### [Problem to solve]
Each entry, in full: copy it out exactly.
*** Record excerpts ***
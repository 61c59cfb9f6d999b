// The heading of a document, from its lines.
ghost use Rattle.std.specs.Prelude.{◌≡◌, ◌≢◌, ◌<◌, ◌++◌, ◌∷◌, IfOk, length};
ghost use Rattle.bound_cert.specs.declared.place.Place.TheVariants.{AtTitle, AtSpan, AtPins, AtAnswer, AtPlan, AtBound, AtNode};
ghost use Rattle.bound_cert.specs.Lines.{Title, Span, Answered};
ghost use Rattle.bound_cert.specs.Grammar.{LeadsOn, entries_of, behind_span, IsVersion};
ghost use Rattle.bound_cert.specs.Documents.{heading_entries, pins_entries, version_of, plan_entry, bound_entry};

use crate::heading::{Answer, Claimed, Heading, Pins};
use crate::set_text::SetText;
use crate::text_line::TextLine;
use seed_model::{NoMemory, Range};
use std::alloc::Global;

// The heading at the front of lines, and the lines behind it.
pub(crate) fn heading_of<'b, 'a>(
    alloc: Global,
    lines: &'b [TextLine<'a>],
) -> Result<(Heading, &'b [TextLine<'a>]), NoMemory>
    requires { LeadsOn AtTitle (entries_of lines.now) }
    ensures lines { IfOk result (λ x. entries_of lines.now ≡ heading_entries x.0 ++ entries_of x.1.now) }
    ensures rest { IfOk result (λ x. LeadsOn (AtNode 1) (entries_of x.1.now)) }
{
    let (version, rest) = title_of(lines);
    let (range, rest) = range_of(version, rest);
    let (pins, rest) = pins_of(alloc, version, rest)?;
    let (answer, rest) = answer_of(rest);
    let (plan, rest) = plan_of(alloc, rest)?;
    let (bound, rest) = bound_of(rest);
    let heading = Heading {
        range,
        pins,
        answer,
        plan,
        bound,
    };
    Ok((heading, rest))
}

// The first of some lines, and those behind it.
pub(crate) fn first_of<'b, 'a>(lines: &'b [TextLine<'a>]) -> (TextLine<'a>, &'b [TextLine<'a>])
    requires { 0 < length lines.now }
    ensures { lines.now ≡ result.0 ∷ result.1.now }
{
    (lines[0], &lines[1..])
}

fn title_of<'b, 'a>(lines: &'b [TextLine<'a>]) -> (u8, &'b [TextLine<'a>])
    requires { LeadsOn AtTitle (entries_of lines.now) }
    ensures line { entries_of lines.now ≡ Title result.0 ∷ entries_of result.1.now }
    ensures rest { LeadsOn (AtSpan result.0) (entries_of result.1.now) }
    ensures version { IsVersion result.0 }
{
    let (line, rest) = first_of(lines);
    let TextLine::Title { version } = line else {
        unreachable!()
    };
    (version, rest)
}

fn range_of<'b, 'a>(version: u8, lines: &'b [TextLine<'a>]) -> (Range, &'b [TextLine<'a>])
    requires { LeadsOn (AtSpan version) (entries_of lines.now) }
    ensures line { entries_of lines.now ≡ Span result.0.low result.0.high ∷ entries_of result.1.now }
    ensures rest { LeadsOn (behind_span version) (entries_of result.1.now) }
{
    let (line, rest) = first_of(lines);
    let TextLine::Span { low, high } = line else {
        unreachable!()
    };
    (Range { low, high }, rest)
}

fn pins_of<'b, 'a>(
    alloc: Global,
    version: u8,
    lines: &'b [TextLine<'a>],
) -> Result<(Option<Pins>, &'b [TextLine<'a>]), NoMemory>
    requires version { IsVersion version }
    requires lines { LeadsOn (behind_span version) (entries_of lines.now) }
    ensures version { IfOk result (λ x. version_of x.0 ≡ version) }
    ensures lines { IfOk result (λ x. entries_of lines.now ≡ pins_entries x.0 ++ entries_of x.1.now) }
    ensures rest { IfOk result (λ x. LeadsOn AtAnswer (entries_of x.1.now)) }
{
    if version == 1 {
        return Ok((None, lines));
    }
    let (line, rest) = first_of(lines);
    let TextLine::Pinned { go, stay } = line else {
        unreachable!()
    };
    let go = SetText::new(Vec::from_slice(alloc, go)?);
    let stay = SetText::new(Vec::from_slice(alloc, stay)?);
    Ok((Some(Pins { go, stay }), rest))
}

fn answer_of<'b, 'a>(lines: &'b [TextLine<'a>]) -> (Answer, &'b [TextLine<'a>])
    requires { LeadsOn AtAnswer (entries_of lines.now) }
    ensures line { entries_of lines.now ≡ Answered result.0 ∷ entries_of result.1.now }
    ensures rest { LeadsOn AtPlan (entries_of result.1.now) }
{
    let (line, rest) = first_of(lines);
    let TextLine::Answered(answer) = line else {
        unreachable!()
    };
    (answer, rest)
}

fn plan_of<'b, 'a>(
    alloc: Global,
    lines: &'b [TextLine<'a>],
) -> Result<(Option<Claimed>, &'b [TextLine<'a>]), NoMemory>
    requires { LeadsOn AtPlan (entries_of lines.now) }
    ensures line { IfOk result (λ x. entries_of lines.now ≡ plan_entry x.0 ∷ entries_of x.1.now) }
    ensures rest { IfOk result (λ x. LeadsOn AtBound (entries_of x.1.now)) }
{
    let (line, rest) = first_of(lines);
    match line {
        TextLine::NoPlan => Ok((None, rest)),
        TextLine::Planned {
            set,
            migrated,
            replicated,
        } => {
            let set = SetText::new(Vec::from_slice(alloc, set)?);
            let claimed = Claimed {
                set,
                migrated,
                replicated,
            };
            Ok((Some(claimed), rest))
        }
        _ => unreachable!(),
    }
}

fn bound_of<'b, 'a>(lines: &'b [TextLine<'a>]) -> (Option<u64>, &'b [TextLine<'a>])
    requires { LeadsOn AtBound (entries_of lines.now) }
    ensures line { entries_of lines.now ≡ bound_entry result.0 ∷ entries_of result.1.now }
    ensures rest { LeadsOn (AtNode 1) (entries_of result.1.now) }
{
    let (line, rest) = first_of(lines);
    match line {
        TextLine::NoBound => (None, rest),
        TextLine::Bounded { bound } => (Some(bound), rest),
        _ => unreachable!(),
    }
}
*** End of Record excerpts ***
### [Exercise output]
repository 61c59cfb9f6d999b
// The heading of a document, from its lines.
ghost use Rattle.std.specs.Prelude.{◌≡◌, ◌≢◌, ◌<◌, ◌++◌, ◌∷◌, IfOk, length};
ghost use Rattle.bound_cert.specs.declared.place.Place.TheVariants.{AtTitle, AtSpan, AtPins, AtAnswer, AtPlan, AtBound, AtNode};
ghost use Rattle.bound_cert.specs.Lines.{Title, Span, Answered};
ghost use Rattle.bound_cert.specs.Grammar.{LeadsOn, entries_of, behind_span, IsVersion};
ghost use Rattle.bound_cert.specs.Documents.{heading_entries, pins_entries, version_of, plan_entry, bound_entry};

use crate::heading::{Answer, Claimed, Heading, Pins};
use crate::set_text::SetText;
use crate::text_line::TextLine;
use seed_model::{NoMemory, Range};
use std::alloc::Global;

// The heading at the front of lines, and the lines behind it.
pub(crate) fn heading_of<'b, 'a>(
    alloc: Global,
    lines: &'b [TextLine<'a>],
) -> Result<(Heading, &'b [TextLine<'a>]), NoMemory>
    requires { LeadsOn AtTitle (entries_of lines.now) }
    ensures lines { IfOk result (λ x. entries_of lines.now ≡ heading_entries x.0 ++ entries_of x.1.now) }
    ensures rest { IfOk result (λ x. LeadsOn (AtNode 1) (entries_of x.1.now)) }
{
    let (version, rest) = title_of(lines);
    let (range, rest) = range_of(version, rest);
    let (pins, rest) = pins_of(alloc, version, rest)?;
    let (answer, rest) = answer_of(rest);
    let (plan, rest) = plan_of(alloc, rest)?;
    let (bound, rest) = bound_of(rest);
    let heading = Heading {
        range,
        pins,
        answer,
        plan,
        bound,
    };
    Ok((heading, rest))
}

// The first of some lines, and those behind it.
pub(crate) fn first_of<'b, 'a>(lines: &'b [TextLine<'a>]) -> (TextLine<'a>, &'b [TextLine<'a>])
    requires { 0 < length lines.now }
    ensures { lines.now ≡ result.0 ∷ result.1.now }
{
    (lines[0], &lines[1..])
}

fn title_of<'b, 'a>(lines: &'b [TextLine<'a>]) -> (u8, &'b [TextLine<'a>])
    requires { LeadsOn AtTitle (entries_of lines.now) }
    ensures line { entries_of lines.now ≡ Title result.0 ∷ entries_of result.1.now }
    ensures rest { LeadsOn (AtSpan result.0) (entries_of result.1.now) }
    ensures version { IsVersion result.0 }
{
    let (line, rest) = first_of(lines);
    let TextLine::Title { version } = line else {
        unreachable!()
    };
    (version, rest)
}

fn range_of<'b, 'a>(version: u8, lines: &'b [TextLine<'a>]) -> (Range, &'b [TextLine<'a>])
    requires { LeadsOn (AtSpan version) (entries_of lines.now) }
    ensures line { entries_of lines.now ≡ Span result.0.low result.0.high ∷ entries_of result.1.now }
    ensures rest { LeadsOn (behind_span version) (entries_of result.1.now) }
{
    let (line, rest) = first_of(lines);
    let TextLine::Span { low, high } = line else {
        unreachable!()
    };
    (Range { low, high }, rest)
}

fn pins_of<'b, 'a>(
    alloc: Global,
    version: u8,
    lines: &'b [TextLine<'a>],
) -> Result<(Option<Pins>, &'b [TextLine<'a>]), NoMemory>
    requires version { IsVersion version }
    requires lines { LeadsOn (behind_span version) (entries_of lines.now) }
    ensures version { IfOk result (λ x. version_of x.0 ≡ version) }
    ensures lines { IfOk result (λ x. entries_of lines.now ≡ pins_entries x.0 ++ entries_of x.1.now) }
    ensures rest { IfOk result (λ x. LeadsOn AtAnswer (entries_of x.1.now)) }
{
    if version == 1 {
        return Ok((None, lines));
    }
    let (line, rest) = first_of(lines);
    let TextLine::Pinned { go, stay } = line else {
        unreachable!()
    };
    let go = SetText::new(Vec::from_slice(alloc, go)?);
    let stay = SetText::new(Vec::from_slice(alloc, stay)?);
    Ok((Some(Pins { go, stay }), rest))
}

fn answer_of<'b, 'a>(lines: &'b [TextLine<'a>]) -> (Answer, &'b [TextLine<'a>])
    requires { LeadsOn AtAnswer (entries_of lines.now) }
    ensures line { entries_of lines.now ≡ Answered result.0 ∷ entries_of result.1.now }
    ensures rest { LeadsOn AtPlan (entries_of result.1.now) }
{
    let (line, rest) = first_of(lines);
    let TextLine::Answered(answer) = line else {
        unreachable!()
    };
    (answer, rest)
}

fn plan_of<'b, 'a>(
    alloc: Global,
    lines: &'b [TextLine<'a>],
) -> Result<(Option<Claimed>, &'b [TextLine<'a>]), NoMemory>
    requires { LeadsOn AtPlan (entries_of lines.now) }
    ensures line { IfOk result (λ x. entries_of lines.now ≡ plan_entry x.0 ∷ entries_of x.1.now) }
    ensures rest { IfOk result (λ x. LeadsOn AtBound (entries_of x.1.now)) }
{
    let (line, rest) = first_of(lines);
    match line {
        TextLine::NoPlan => Ok((None, rest)),
        TextLine::Planned {
            set,
            migrated,
            replicated,
        } => {
            let set = SetText::new(Vec::from_slice(alloc, set)?);
            let claimed = Claimed {
                set,
                migrated,
                replicated,
            };
            Ok((Some(claimed), rest))
        }
        _ => unreachable!(),
    }
}

fn bound_of<'b, 'a>(lines: &'b [TextLine<'a>]) -> (Option<u64>, &'b [TextLine<'a>])
    requires { LeadsOn AtBound (entries_of lines.now) }
    ensures line { entries_of lines.now ≡ bound_entry result.0 ∷ entries_of result.1.now }
    ensures rest { LeadsOn (AtNode 1) (entries_of result.1.now) }
{
    let (line, rest) = first_of(lines);
    match line {
        TextLine::NoBound => (None, rest),
        TextLine::Bounded { bound } => (Some(bound), rest),
        _ => unreachable!(),
    }
}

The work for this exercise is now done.